Another embodiment describes a method for sharing and exchanging information between devices in a shared resource computing environment. In one example, the method includes detecting a location of each of a number of peripheral devices sharing a common server, and determining a position of each of the peripheral devices. The method also includes associating an avatar to each of the peripheral devices. In one embodiment, the avatar may be configured to represent a user of the peripheral device for the purpose of sending and receiving documents between sessions operative on the server. Further, the method may include authenticating each user of a peripheral device to a session operative on the server. The method also may include generating a GUI for displaying the avatars within a representation of the physical environment. In one embodiment of the method, the avatars are displayed on the GUI in a spatially relative position corresponding to the physical location of each of the peripheral devices within the physical environment.

In a further embodiment, a method for sharing and exchanging information between devices in a shared resource computing environment includes authenticating a user of a peripheral device to a session operative on the server in the environment. The method includes generating a GUI to display a representation of the environment, and to display an avatar of the user of the peripheral device. The method further includes sending a document to the peripheral device. For example, the document may be sent using a drag and drop operation of a symbol of the document to the avatar of the user of the peripheral device. In an embodiment, the drag and drop operation is performed via the GUI. In an embodiment of the method, the document being sent may be open for viewing and or editing at the time it is sent.

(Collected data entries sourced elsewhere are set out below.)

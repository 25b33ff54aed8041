//! Records of a stream.
ghost use Rattle.std.specs.Prelude.{◌≡◌, ◌≢◌, ℕ, ◌+◌, ◌-◌, ◌^◌, ◌<◌, ◌≤◌, [], ◌∷◌, ◌++◌, length, take, vec_capacity, IfOk, OnOk};
ghost use Rattle.bx_dd.specs.private.Output.{fitted, line_of};
ghost use Rattle.bx_dd.specs.private.Standing.{HoldsText, last_of};
ghost use Rattle.bx_dd.specs.private.Streaming.{Grows};
ghost use Rattle.bx_dd.specs.private.Paged.{Pushes, PushesPieces, Puts, StopsPieces, StopsPush, StopsPut, output};
ghost use Rattle.bx_dd.specs.declared.form.Shape.TheVariants.{Flat, Block, Unblock};

use crate::form::{Form, Shape};
use crate::page::{Page, keep};
use bx_text::IoFault;
use memchr::memchr;
use std::alloc::Allocator;
use std::io::Write;

/// Whether the record that may go on was cut, and how many finished ones were.
#[derive(Clone, Copy)]
pub struct Tail {
    pub over: bool,
    pub cut: u64,
}

/// Takes bytes, which finish records.
pub fn push_shaped<W: Write, A: Allocator, B: Allocator>(
    page: &mut Page<B>,
    w: &mut W,
    held: &mut Vec<u8, A>,
    tail: Tail,
    bytes: &[u8],
    form: Form,
) -> Result<Tail, IoFault>
    requires room { length held.old.items ≤ form.cbs }
    requires space { form.shape ≢ Flat → form.cbs ≤ vec_capacity held.old }
    requires some { form.shape ≢ Flat → 0 < form.cbs }
    requires part { form.shape ≡ Unblock → length held.old.items < form.cbs }
    requires few { tail.cut + length bytes.now < 2 ^ 64 }
    ensures within { IfOk result (λ t. (length held.new.items ≤ form.cbs) × (t.cut ≤ tail.cut + length bytes.now)) }
    ensures part { IfOk result (λ t. form.shape ≡ Unblock → length held.new.items < form.cbs) }
    ensures space { vec_capacity held.old ≤ vec_capacity held.new }
    ensures ok { Pushes form.shape form.cbs (output (W.contents w.old) page.old held.old) (output (W.contents w.new) page.new held.new) tail bytes.now result }
    ensures err { StopsPush form.shape form.cbs (output (W.contents w.old) page.old held.old) (W.contents w.new) tail bytes.now result }
    ensures grows { Grows page.old.written page.new.written result }
{
    let size = form.cbs as usize;
    match form.shape {
        Shape::Flat => match page.put(w, bytes) {
            Ok(()) => Ok(tail),
            Err(fault) => Err(fault),
        },
        Shape::Block => push_text(page, w, held, tail, bytes, size),
        Shape::Unblock => match push_pieces(page, w, held, bytes, size) {
            Ok(()) => Ok(tail),
            Err(fault) => Err(fault),
        },
    }
}

/// Takes a text, whose newlines end records.
fn push_text<W: Write, A: Allocator, B: Allocator>(
    page: &mut Page<B>,
    w: &mut W,
    held: &mut Vec<u8, A>,
    tail: Tail,
    bytes: &[u8],
    size: usize,
) -> Result<Tail, IoFault>
    requires room { length held.old.items ≤ size }
    requires space { size ≤ vec_capacity held.old }
    requires some { 0 < size }
    requires few { tail.cut + length bytes.now < 2 ^ 64 }
    ensures within { IfOk result (λ t. (length held.new.items ≤ size) × (t.cut ≤ tail.cut + length bytes.now)) }
    ensures space { vec_capacity held.old ≤ vec_capacity held.new }
    ensures ok { Pushes Block size (output (W.contents w.old) page.old held.old) (output (W.contents w.new) page.new held.new) tail bytes.now result }
    ensures err { StopsPush Block size (output (W.contents w.old) page.old held.old) (W.contents w.new) tail bytes.now result }
    ensures grows { Grows page.old.written page.new.written result }
{
    let mut now = tail;
    let mut done = 0;
    while done < bytes.len() {
        let (_, rest) = bytes.split_at(done);
        match memchr(b'\n', rest) {
            None => {
                let over = hold(held, now.over, rest, size);
                return Ok(Tail { over, cut: now.cut });
            }
            Some(n) => {
                let over = hold(held, now.over, &rest[..n], size);
                match end_record(page, w, held, Tail { over, cut: now.cut }, size) {
                    Ok(ended) => {
                        now = ended;
                        done += n + 1;
                    }
                    Err(fault) => return Err(fault),
                }
            }
        }
    }
    Ok(now)
}

/// Keeps what fits of a record's next bytes, and tells whether the record was cut.
fn hold<A: Allocator>(held: &mut Vec<u8, A>, over: bool, text: &[u8], size: usize) -> bool
    requires room { length held.old.items ≤ size }
    requires space { size ≤ vec_capacity held.old }
    ensures within { length held.new.items ≤ size }
    ensures space { vec_capacity held.old ≤ vec_capacity held.new }
    ensures next { HoldsText size held.old.items held.new.items over result text.now }
{
    let room = size - held.len();
    if text.len() <= room {
        keep(held, text);
        over
    } else {
        keep(held, &text[..room]);
        true
    }
}

/// A newline: the record is finished, and counted where it was cut.
fn end_record<W: Write, A: Allocator, B: Allocator>(
    page: &mut Page<B>,
    w: &mut W,
    held: &mut Vec<u8, A>,
    tail: Tail,
    size: usize,
) -> Result<Tail, IoFault>
    requires room { length held.old.items ≤ size }
    requires some { 0 < size }
    requires few { tail.cut < 2 ^ 64 - 1 }
    ensures within { IfOk result (λ t. (held.new.items ≡ []) × (t.cut ≤ tail.cut + 1)) }
    ensures space { vec_capacity held.old ≤ vec_capacity held.new }
    ensures ok { Pushes Block size (output (W.contents w.old) page.old held.old) (output (W.contents w.new) page.new held.new) tail (10 ∷ []) result }
    ensures err { StopsPush Block size (output (W.contents w.old) page.old held.old) (W.contents w.new) tail (10 ∷ []) result }
    ensures grows { Grows page.old.written page.new.written result }
{
    match push_fitted(page, w, held.as_slice(), size) {
        Ok(()) => {}
        Err(fault) => return Err(fault),
    }
    held.clear();
    if tail.over {
        return Ok(Tail {
            over: false,
            cut: tail.cut + 1,
        });
    }
    Ok(Tail {
        over: false,
        cut: tail.cut,
    })
}

/// Puts a record, filled up with spaces.
fn push_fitted<W: Write, B: Allocator>(
    page: &mut Page<B>,
    w: &mut W,
    held: &[u8],
    size: usize,
) -> Result<(), IoFault>
    requires { length held.now ≤ size }
    ensures ok { Puts (W.contents w.old) (W.contents w.new) page.old page.new (fitted size held.now) result }
    ensures err { StopsPut (W.contents w.old) (W.contents w.new) page.old (fitted size held.now) result }
    ensures grows { Grows page.old.written page.new.written result }
{
    match page.put(w, held) {
        Ok(()) => page.put_spaces(w, size - held.len()),
        Err(fault) => Err(fault),
    }
}

/// Takes records of one size.
fn push_pieces<W: Write, A: Allocator, B: Allocator>(
    page: &mut Page<B>,
    w: &mut W,
    held: &mut Vec<u8, A>,
    bytes: &[u8],
    size: usize,
) -> Result<(), IoFault>
    requires room { length held.old.items < size }
    requires space { size ≤ vec_capacity held.old }
    ensures within { OnOk result (length held.new.items < size) }
    ensures space { vec_capacity held.old ≤ vec_capacity held.new }
    ensures ok { PushesPieces Unblock size (output (W.contents w.old) page.old held.old) (output (W.contents w.new) page.new held.new) bytes.now result }
    ensures err { StopsPieces Unblock size (output (W.contents w.old) page.old held.old) (W.contents w.new) bytes.now result }
    ensures grows { Grows page.old.written page.new.written result }
{
    let mut done = 0;
    while done < bytes.len() {
        let n = (size - held.len()).min(bytes.len() - done);
        match push_piece(page, w, held, &bytes[done..done + n], size) {
            Ok(()) => done += n,
            Err(fault) => return Err(fault),
        }
    }
    Ok(())
}

/// Takes bytes of one record.
fn push_piece<W: Write, A: Allocator, B: Allocator>(
    page: &mut Page<B>,
    w: &mut W,
    held: &mut Vec<u8, A>,
    bytes: &[u8],
    size: usize,
) -> Result<(), IoFault>
    requires room { length held.old.items < size }
    requires space { size ≤ vec_capacity held.old }
    requires fits { length held.old.items + length bytes.now ≤ size }
    ensures within { OnOk result (length held.new.items < size) }
    ensures space { vec_capacity held.old ≤ vec_capacity held.new }
    ensures ok { PushesPieces Unblock size (output (W.contents w.old) page.old held.old) (output (W.contents w.new) page.new held.new) bytes.now result }
    ensures err { StopsPieces Unblock size (output (W.contents w.old) page.old held.old) (W.contents w.new) bytes.now result }
    ensures grows { Grows page.old.written page.new.written result }
{
    keep(held, bytes);
    if held.len() < size {
        return Ok(());
    }
    match push_line(page, w, held.as_slice()) {
        Ok(()) => {
            held.clear();
            Ok(())
        }
        Err(fault) => Err(fault),
    }
}

/// Puts a line for a record.
fn push_line<W: Write, B: Allocator>(
    page: &mut Page<B>,
    w: &mut W,
    held: &[u8],
) -> Result<(), IoFault>
    ensures ok { Puts (W.contents w.old) (W.contents w.new) page.old page.new (line_of held.now) result }
    ensures err { StopsPut (W.contents w.old) (W.contents w.new) page.old (line_of held.now) result }
    ensures grows { Grows page.old.written page.new.written result }
{
    let end = trimmed(held);
    match page.put(w, &held[..end]) {
        Ok(()) => page.put(w, b"\n"),
        Err(fault) => Err(fault),
    }
}

/// How many bytes are left without the spaces at the end.
fn trimmed(held: &[u8]) -> usize
    ensures low { result ≤ length held.now }
    ensures line { take result held.now ++ 10 ∷ [] ≡ line_of held.now }
{
    let mut end = held.len();
    while end > 0 && held[end - 1] == b' ' {
        end -= 1;
    }
    end
}

/// What the input's end gives of a record that was kept.
pub fn push_rest<W: Write, B: Allocator>(
    page: &mut Page<B>,
    w: &mut W,
    held: &[u8],
    form: Form,
) -> Result<(), IoFault>
    requires { length held.now ≤ form.cbs }
    ensures ok { Puts (W.contents w.old) (W.contents w.new) page.old page.new (last_of form.shape form.cbs held.now) result }
    ensures err { StopsPut (W.contents w.old) (W.contents w.new) page.old (last_of form.shape form.cbs held.now) result }
    ensures grows { Grows page.old.written page.new.written result }
{
    if held.is_empty() {
        return Ok(());
    }
    match form.shape {
        Shape::Flat => Ok(()),
        Shape::Block => push_fitted(page, w, held, form.cbs as usize),
        Shape::Unblock => push_line(page, w, held),
    }
}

BRIEF DESCRIPTION OF THE DRAWINGS

The Detailed Description is set forth with reference to the accompanying figures. In the figures, the left-most digit(s) of a reference number identifies the figure in which the reference number first appears. The use of the same reference numbers in different figures indicates similar or identical items.

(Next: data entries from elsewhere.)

//! Blocks converted where they were read.
ghost use Rattle.std.specs.Prelude.{◌≡◌, ◌≢◌, ℕ, ◌+◌, ◌-◌, ◌%◌, ◌<◌, ◌≤◌, ◌++◌, length, take, drop, replicate, ◌||◌};
ghost use Rattle.bx_dd.specs.Output.{turned_blocks};
ghost use Rattle.bx_dd.specs.private.Standing.{HasSizes};
ghost use Rattle.bx_dd.specs.private.Streaming.{unit_of};

use crate::convert::block::{filler, turn_block};
use crate::form::Form;

/// How many bytes are converted by themselves: a block where its pairs or its end matter, else one.
pub fn unit_len(form: Form) -> usize
    requires { HasSizes form }
    ensures unit { result ≡ unit_of form }
    ensures some { 0 < result }
{
    if by_blocks(form) {
        return form.ibs as usize;
    }
    1
}

/// Whether pairs or the end of a block matter.
fn by_blocks(form: Form) -> bool
    ensures { result ≡ (form.swab || form.sync) }
{
    form.swab || form.sync
}

/// Whole units, converted.
pub fn turn_units(bytes: &mut [u8], form: Form)
    requires sizes { HasSizes form }
    requires whole { length bytes.old % unit_of form ≡ 0 }
    ensures { bytes.new ≡ turned_blocks form bytes.old }
{
    if by_blocks(form) {
        turn_blocks(bytes, form);
    } else {
        turn_block(bytes, form);
    }
}

/// Whole blocks, converted.
fn turn_blocks(bytes: &mut [u8], form: Form)
    requires sizes { HasSizes form }
    requires whole { length bytes.old % form.ibs ≡ 0 }
    ensures { bytes.new ≡ turned_blocks form bytes.old }
{
    let size = form.ibs as usize;
    let mut done = 0;
    while done < bytes.len() {
        turn_block(&mut bytes[done..done + size], form);
        done += size;
    }
}

/// The last bytes of an input, fewer than a unit, converted in front of a buffer. Answers how long they are then.
pub fn turn_last(buf: &mut [u8], have: usize, form: Form) -> usize
    requires sizes { HasSizes form }
    requires few { have < unit_of form }
    requires room { unit_of form ≤ length buf.old }
    ensures most { (result ≤ length buf.new) × (result ≤ form.ibs) }
    ensures bytes { take result buf.new ≡ turned_blocks form (take have buf.old) }
{
    if have == 0 {
        return 0;
    }
    let mut n = have;
    if form.sync {
        n = form.ibs as usize;
        fill_up(buf, have, n, filler(form.shape));
    }
    turn_block(&mut buf[..n], form);
    n
}

/// Fills a buffer up from here to there.
fn fill_up(buf: &mut [u8], from: usize, to: usize, fill: u8)
    requires { (from ≤ to) × (to ≤ length buf.old) }
    ensures { take to buf.new ≡ take from buf.old ++ replicate (to - from) fill }
{
    for i in from..to {
        buf[i] = fill;
    }
}

/// Moves bytes to the front of a buffer.
pub fn move_front(buf: &mut [u8], from: usize, count: usize)
    requires fits { from ≢ 0 → count ≤ from }
    requires inside { from + count ≤ length buf.old }
    ensures { take count buf.new ≡ take count (drop from buf.old) }
{
    if from == 0 {
        return;
    }
    let (front, back) = buf.split_at_mut(from);
    front[..count].copy_from_slice(&back[..count]);
}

FIG. 1 is a schematic diagram of a logical layout of an illustrative architecture of an SRC system including a server and multiple peripheral devices.

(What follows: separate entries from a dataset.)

//! One block of the input.
ghost use Rattle.std.specs.Prelude.{◌≡◌, ℕ, ◌+◌, ◌-◌, ◌<◌, ◌≤◌, List, ◌++◌, map, replicate, OnOk, IfOk, if◌then◌else◌};
ghost use Rattle.bx_dd.specs.Output.{cased, filler, swapped};
ghost use Rattle.bx_dd.specs.private.Output.{block_of};

use crate::form::{Form, Letters, Shape};
use std::alloc::{AllocError, Allocator};

/// The block, filled up, swapped and in one case.
#[tactic(auto, unfolding(crate::specs::private::Output::block_of))]
pub fn ready_block<A: Allocator>(
    alloc: A,
    block: &[u8],
    form: Form,
) -> Result<Vec<u8, A>, AllocError>
    requires { form.ibs ≤ 1099511627775 }
    ensures { IfOk result (λ v. v.items ≡ block_of form block.now) }
{
    let mut ready = Vec::from_slice(alloc, block)?;
    if form.sync {
        push_fill(
            &mut ready,
            filler(form.shape),
            (form.ibs as usize).saturating_sub(block.len()),
        )?;
    }
    turn_block(ready.as_mut_slice(), form);
    Ok(ready)
}

/// A block that lacks no fill: swapped, and in one case.
pub fn turn_block(block: &mut [u8], form: Form)
    ensures { block.new ≡ map (cased form.letters) (if form.swab then swapped block.old else block.old) }
{
    if form.swab {
        swap_pairs(block);
    }
    change_case(block, form.letters);
}

/// The byte that fills up a short block.
pub fn filler(shape: Shape) -> u8
    ensures { result ≡ filler shape }
{
    match shape {
        Shape::Flat => 0,
        Shape::Block | Shape::Unblock => b' ',
    }
}

/// Appends a byte `count` times.
fn push_fill<A: Allocator>(bytes: &mut Vec<u8, A>, fill: u8, count: usize) -> Result<(), AllocError>
    ensures ok { OnOk result (bytes.new.items ≡ bytes.old.items ++ replicate count fill) }
{
    for _i in 0..count {
        bytes.push(fill)?;
    }
    Ok(())
}

/// The bytes of each pair change places.
#[tactic(auto, using(crate::proofs::BlockLemmas::pair_more, crate::proofs::BlockLemmas::pairs_all))]
fn swap_pairs(bytes: &mut [u8])
    ensures { bytes.new ≡ swapped bytes.old }
{
    for i in 0..bytes.len() / 2 {
        let first = bytes[2 * i];
        bytes[2 * i] = bytes[2 * i + 1];
        bytes[2 * i + 1] = first;
    }
}

/// ASCII letters in one case.
#[tactic(auto, using(std::proofs::lemmas::List::Edits::map_over_more, crate::proofs::BlockLemmas::map_kept))]
fn change_case(bytes: &mut [u8], letters: Letters)
    ensures { bytes.new ≡ map (cased letters) bytes.old }
{
    match letters {
        Letters::Keep => {}
        Letters::Upper => {
            for byte in bytes.iter_mut() {
                *byte = byte.to_ascii_uppercase();
            }
        }
        Letters::Lower => {
            for byte in bytes.iter_mut() {
                *byte = byte.to_ascii_lowercase();
            }
        }
    }
}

FIG. 2 is a schematic diagram of a physical layout of the illustrative architecture of FIG. 1.

FIG. 3 is a block diagram of an illustrative SRC server usable in the architecture of FIG. 1.

FIG. 4 is a schematic diagram illustrating moving and/or sharing a document between peripheral devices, according to an example embodiment.

FIG. 5 is an illustration of a document opened in a document viewing application, according to an example embodiment.

FIG. 6 is a flowchart illustrating a method of configuring an SRC environment, according to an example embodiment.

FIG. 7 is a flowchart illustrating a method of sharing and exchanging a document between devices in an SRC environment, according to an example embodiment.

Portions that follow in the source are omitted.